- Your instructions:
Out of the lines below, please list those that hold the string "OnOk".

- Dataset excerpts:
>>>>>
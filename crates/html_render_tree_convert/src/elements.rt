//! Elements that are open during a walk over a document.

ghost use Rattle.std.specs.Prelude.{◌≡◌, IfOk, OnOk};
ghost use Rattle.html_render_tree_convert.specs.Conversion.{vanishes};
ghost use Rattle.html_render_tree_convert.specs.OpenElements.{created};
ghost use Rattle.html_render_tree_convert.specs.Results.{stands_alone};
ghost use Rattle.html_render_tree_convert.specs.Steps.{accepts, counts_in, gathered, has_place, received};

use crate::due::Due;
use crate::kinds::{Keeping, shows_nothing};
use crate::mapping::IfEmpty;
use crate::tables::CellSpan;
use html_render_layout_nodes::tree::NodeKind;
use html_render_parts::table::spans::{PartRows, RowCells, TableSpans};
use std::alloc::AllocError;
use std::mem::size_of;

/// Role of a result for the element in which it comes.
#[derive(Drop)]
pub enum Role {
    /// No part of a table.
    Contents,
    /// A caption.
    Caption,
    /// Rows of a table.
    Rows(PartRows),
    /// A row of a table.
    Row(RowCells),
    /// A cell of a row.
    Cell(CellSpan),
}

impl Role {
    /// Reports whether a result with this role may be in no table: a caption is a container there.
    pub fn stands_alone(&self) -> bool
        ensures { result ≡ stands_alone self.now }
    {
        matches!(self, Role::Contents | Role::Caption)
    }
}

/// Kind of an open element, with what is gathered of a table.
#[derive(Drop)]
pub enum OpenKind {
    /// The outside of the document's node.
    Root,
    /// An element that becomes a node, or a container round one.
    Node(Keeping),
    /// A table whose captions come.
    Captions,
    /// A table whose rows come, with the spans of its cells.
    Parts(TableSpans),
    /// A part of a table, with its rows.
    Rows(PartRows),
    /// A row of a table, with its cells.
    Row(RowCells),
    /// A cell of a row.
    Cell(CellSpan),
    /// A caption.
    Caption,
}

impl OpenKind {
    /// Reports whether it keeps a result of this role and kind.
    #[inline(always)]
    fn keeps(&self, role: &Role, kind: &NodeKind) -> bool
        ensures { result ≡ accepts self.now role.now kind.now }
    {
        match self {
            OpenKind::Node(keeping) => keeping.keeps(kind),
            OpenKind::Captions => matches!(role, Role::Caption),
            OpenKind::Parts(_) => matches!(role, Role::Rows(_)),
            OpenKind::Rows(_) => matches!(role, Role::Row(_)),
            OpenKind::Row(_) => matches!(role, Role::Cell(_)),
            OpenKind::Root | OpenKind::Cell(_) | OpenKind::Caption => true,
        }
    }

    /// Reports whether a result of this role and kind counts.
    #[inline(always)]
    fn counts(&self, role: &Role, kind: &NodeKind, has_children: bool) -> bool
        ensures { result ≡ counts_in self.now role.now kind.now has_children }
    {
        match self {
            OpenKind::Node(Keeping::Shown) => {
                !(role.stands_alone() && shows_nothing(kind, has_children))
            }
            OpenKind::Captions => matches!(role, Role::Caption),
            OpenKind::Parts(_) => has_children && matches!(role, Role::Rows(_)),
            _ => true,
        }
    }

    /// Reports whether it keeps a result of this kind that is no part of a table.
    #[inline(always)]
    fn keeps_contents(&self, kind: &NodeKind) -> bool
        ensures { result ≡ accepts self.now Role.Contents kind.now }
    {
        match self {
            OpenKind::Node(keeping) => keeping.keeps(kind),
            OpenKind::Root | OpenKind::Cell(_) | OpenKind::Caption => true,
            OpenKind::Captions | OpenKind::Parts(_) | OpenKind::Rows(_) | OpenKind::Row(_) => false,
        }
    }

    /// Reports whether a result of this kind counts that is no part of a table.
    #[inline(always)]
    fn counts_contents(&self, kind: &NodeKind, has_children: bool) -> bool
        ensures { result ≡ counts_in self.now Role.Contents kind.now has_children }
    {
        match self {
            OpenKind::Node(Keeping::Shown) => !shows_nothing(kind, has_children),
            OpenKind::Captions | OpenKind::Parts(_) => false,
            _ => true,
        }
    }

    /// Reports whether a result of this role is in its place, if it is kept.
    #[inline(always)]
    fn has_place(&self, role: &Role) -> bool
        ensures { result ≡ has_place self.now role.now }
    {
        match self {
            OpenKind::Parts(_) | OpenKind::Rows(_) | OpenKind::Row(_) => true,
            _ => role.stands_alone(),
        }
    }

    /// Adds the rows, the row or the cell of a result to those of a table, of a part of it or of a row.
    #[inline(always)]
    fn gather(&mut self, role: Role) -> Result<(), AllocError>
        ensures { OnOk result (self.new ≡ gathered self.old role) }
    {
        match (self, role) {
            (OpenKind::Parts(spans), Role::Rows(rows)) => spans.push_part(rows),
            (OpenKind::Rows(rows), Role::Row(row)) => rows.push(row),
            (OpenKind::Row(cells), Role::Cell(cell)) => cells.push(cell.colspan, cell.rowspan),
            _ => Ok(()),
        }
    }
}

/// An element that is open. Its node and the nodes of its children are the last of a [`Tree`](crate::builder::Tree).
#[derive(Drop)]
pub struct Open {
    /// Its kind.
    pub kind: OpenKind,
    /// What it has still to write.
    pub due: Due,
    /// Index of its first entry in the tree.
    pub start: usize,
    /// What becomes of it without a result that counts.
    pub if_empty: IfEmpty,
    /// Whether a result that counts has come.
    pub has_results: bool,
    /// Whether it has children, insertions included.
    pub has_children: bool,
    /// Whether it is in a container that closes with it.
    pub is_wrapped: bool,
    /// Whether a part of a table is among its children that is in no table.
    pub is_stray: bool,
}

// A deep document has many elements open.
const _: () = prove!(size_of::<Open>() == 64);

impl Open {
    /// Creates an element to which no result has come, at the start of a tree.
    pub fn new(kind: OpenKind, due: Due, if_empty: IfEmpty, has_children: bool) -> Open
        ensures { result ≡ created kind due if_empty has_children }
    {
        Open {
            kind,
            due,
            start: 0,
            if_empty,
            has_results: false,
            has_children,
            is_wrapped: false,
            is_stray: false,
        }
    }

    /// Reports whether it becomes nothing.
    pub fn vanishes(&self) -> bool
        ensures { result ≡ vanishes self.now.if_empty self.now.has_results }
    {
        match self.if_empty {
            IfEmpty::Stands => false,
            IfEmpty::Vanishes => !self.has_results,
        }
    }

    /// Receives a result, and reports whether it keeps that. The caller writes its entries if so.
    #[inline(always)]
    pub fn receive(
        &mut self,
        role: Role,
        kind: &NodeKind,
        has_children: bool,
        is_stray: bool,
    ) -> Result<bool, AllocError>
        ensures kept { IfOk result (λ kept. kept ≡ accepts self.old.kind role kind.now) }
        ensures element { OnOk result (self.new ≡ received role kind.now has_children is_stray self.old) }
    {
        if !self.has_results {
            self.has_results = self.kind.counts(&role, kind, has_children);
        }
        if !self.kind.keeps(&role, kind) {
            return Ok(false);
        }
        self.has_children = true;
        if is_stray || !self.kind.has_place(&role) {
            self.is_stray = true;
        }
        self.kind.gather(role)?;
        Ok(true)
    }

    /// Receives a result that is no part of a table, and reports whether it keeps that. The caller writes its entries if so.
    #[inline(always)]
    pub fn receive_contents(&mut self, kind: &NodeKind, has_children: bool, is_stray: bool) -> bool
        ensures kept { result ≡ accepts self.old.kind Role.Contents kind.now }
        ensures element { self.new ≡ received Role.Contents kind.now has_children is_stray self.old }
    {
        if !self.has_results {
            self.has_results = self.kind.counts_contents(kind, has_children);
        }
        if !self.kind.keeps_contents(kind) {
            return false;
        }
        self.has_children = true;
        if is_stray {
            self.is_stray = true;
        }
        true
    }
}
<<<<<
- Solved exercise:
ghost use Rattle.std.specs.Prelude.{◌≡◌, IfOk, OnOk};
        ensures { OnOk result (self.new ≡ gathered self.old role) }
        ensures element { OnOk result (self.new ≡ received role kind.now has_children is_stray self.old) }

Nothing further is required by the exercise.